Copy out every line of the records where the string "their" occurs.

───── DATASET RECORDS

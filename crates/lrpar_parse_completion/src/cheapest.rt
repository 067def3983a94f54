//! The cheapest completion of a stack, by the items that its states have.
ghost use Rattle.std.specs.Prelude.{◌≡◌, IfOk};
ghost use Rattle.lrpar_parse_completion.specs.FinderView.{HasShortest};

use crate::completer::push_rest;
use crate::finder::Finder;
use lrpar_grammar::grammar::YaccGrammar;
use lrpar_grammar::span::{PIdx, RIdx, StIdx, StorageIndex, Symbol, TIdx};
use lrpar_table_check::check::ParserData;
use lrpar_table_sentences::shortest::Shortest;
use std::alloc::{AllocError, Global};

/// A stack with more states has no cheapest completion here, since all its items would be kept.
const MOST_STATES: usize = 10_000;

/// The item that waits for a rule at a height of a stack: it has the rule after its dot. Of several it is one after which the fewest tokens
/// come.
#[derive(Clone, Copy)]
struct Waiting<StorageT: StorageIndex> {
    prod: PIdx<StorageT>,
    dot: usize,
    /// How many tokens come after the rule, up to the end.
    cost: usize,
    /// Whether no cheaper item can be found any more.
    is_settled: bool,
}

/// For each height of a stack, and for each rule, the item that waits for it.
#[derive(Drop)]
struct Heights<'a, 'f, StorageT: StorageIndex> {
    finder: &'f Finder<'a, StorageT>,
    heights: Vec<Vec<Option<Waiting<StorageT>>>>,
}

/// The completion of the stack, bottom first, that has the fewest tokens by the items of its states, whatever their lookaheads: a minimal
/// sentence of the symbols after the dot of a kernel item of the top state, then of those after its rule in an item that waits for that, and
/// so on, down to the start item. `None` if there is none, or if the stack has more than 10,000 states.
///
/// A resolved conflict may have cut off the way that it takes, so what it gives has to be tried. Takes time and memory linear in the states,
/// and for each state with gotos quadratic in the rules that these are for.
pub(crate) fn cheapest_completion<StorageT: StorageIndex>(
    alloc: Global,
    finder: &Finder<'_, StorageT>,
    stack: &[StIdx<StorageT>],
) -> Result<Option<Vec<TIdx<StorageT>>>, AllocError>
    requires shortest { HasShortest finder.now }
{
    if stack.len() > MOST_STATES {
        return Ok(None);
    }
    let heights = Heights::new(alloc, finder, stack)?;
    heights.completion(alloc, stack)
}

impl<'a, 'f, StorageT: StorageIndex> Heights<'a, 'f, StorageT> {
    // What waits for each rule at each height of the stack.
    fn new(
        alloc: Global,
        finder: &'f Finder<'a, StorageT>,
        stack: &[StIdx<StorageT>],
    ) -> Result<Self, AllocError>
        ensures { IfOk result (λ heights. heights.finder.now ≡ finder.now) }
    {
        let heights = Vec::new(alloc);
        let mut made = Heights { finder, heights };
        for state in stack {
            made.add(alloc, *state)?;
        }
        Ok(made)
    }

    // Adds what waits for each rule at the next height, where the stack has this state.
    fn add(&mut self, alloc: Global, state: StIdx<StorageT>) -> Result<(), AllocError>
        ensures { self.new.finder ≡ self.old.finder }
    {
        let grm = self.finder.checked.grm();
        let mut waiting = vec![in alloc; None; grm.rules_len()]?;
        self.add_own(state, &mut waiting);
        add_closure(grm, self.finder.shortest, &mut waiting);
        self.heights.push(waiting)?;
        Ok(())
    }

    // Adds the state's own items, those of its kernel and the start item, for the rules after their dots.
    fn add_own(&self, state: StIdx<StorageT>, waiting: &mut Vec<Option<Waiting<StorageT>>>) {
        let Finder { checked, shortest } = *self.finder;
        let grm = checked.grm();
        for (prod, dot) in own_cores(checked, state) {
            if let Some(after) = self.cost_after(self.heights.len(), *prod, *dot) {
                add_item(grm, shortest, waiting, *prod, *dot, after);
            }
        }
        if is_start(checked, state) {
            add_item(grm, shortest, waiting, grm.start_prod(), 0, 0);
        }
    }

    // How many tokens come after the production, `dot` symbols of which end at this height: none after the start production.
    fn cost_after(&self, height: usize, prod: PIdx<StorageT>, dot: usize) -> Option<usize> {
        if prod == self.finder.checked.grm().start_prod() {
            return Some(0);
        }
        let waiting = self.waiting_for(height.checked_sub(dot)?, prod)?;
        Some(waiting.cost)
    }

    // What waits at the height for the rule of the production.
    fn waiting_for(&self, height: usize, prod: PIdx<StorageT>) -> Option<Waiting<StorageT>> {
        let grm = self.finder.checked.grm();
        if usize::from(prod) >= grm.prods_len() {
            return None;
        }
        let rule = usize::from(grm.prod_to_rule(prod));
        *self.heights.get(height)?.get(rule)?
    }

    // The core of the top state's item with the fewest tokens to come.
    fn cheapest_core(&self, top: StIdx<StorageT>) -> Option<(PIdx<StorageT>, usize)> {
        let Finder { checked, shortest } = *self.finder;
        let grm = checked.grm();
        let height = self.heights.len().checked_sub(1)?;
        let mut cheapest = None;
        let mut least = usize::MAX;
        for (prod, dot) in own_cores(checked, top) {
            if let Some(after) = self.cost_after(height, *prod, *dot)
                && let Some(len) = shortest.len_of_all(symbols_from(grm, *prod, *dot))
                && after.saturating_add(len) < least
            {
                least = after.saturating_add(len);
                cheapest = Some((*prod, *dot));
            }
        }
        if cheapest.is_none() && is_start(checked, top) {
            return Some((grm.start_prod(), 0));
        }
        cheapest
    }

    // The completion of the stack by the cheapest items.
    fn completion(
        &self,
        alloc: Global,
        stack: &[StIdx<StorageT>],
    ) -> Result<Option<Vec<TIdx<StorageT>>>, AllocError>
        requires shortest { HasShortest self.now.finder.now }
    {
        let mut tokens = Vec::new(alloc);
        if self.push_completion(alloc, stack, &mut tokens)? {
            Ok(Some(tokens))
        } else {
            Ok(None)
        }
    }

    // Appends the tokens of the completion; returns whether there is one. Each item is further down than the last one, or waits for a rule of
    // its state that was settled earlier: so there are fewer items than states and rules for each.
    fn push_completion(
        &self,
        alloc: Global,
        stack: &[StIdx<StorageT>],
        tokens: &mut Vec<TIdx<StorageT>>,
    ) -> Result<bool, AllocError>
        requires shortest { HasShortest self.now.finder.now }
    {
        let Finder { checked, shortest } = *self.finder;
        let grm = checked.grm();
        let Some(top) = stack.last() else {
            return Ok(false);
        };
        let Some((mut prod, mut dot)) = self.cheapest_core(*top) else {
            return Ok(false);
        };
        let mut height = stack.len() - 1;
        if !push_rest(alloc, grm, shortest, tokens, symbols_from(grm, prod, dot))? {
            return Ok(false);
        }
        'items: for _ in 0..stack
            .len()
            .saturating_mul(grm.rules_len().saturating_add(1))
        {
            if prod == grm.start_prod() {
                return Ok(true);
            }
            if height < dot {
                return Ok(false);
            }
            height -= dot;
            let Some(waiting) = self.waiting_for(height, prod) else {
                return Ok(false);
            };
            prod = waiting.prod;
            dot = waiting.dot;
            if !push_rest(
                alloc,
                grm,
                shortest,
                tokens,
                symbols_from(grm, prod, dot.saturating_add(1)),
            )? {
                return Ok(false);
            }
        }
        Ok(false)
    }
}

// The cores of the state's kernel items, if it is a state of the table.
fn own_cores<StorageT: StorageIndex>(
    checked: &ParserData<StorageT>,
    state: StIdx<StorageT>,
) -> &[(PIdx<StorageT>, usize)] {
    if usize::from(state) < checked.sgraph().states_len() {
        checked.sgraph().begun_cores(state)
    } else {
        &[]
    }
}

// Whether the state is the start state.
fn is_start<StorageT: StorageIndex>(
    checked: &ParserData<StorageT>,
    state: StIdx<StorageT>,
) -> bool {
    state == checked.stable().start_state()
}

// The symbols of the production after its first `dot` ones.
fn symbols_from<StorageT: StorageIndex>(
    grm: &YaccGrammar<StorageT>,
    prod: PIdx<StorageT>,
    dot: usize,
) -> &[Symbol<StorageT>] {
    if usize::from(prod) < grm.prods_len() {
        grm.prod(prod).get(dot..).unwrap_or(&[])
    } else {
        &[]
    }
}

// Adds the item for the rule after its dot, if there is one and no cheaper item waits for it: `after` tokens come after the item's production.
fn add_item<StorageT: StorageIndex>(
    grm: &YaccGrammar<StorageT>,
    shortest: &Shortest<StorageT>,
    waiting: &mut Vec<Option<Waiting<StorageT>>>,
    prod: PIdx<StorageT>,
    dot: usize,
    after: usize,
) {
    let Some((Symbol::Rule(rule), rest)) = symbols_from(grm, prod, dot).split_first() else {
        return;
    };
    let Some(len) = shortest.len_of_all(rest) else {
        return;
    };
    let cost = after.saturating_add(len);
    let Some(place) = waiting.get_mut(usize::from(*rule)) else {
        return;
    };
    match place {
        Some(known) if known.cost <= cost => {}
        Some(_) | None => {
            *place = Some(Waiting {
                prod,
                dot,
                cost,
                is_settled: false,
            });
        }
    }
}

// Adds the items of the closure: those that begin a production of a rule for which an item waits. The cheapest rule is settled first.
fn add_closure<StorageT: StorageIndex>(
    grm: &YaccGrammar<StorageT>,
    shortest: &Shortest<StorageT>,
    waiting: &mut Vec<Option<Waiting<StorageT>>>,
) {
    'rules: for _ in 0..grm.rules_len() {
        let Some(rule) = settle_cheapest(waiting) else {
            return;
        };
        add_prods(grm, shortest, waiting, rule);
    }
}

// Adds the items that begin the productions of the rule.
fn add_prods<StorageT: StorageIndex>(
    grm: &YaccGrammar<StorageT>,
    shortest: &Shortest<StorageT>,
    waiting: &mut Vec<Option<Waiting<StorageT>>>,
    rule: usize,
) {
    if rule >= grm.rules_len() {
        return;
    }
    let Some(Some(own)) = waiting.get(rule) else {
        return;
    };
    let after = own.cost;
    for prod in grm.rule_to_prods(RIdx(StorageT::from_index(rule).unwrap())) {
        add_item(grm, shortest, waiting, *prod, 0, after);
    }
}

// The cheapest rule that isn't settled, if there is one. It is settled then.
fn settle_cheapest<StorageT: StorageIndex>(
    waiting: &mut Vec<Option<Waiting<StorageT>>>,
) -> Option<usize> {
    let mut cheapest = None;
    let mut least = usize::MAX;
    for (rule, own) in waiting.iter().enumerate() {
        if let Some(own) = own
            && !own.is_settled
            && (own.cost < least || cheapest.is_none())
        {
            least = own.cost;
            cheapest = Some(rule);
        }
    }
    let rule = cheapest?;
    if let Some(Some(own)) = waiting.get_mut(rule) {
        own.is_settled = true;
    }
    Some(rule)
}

──────────

YOUR RESPONSE.
/// The completion of the stack, bottom first, that has the fewest tokens by the items of its states, whatever their lookaheads: a minimal
    // Adds the state's own items, those of its kernel and the start item, for the rules after their dots.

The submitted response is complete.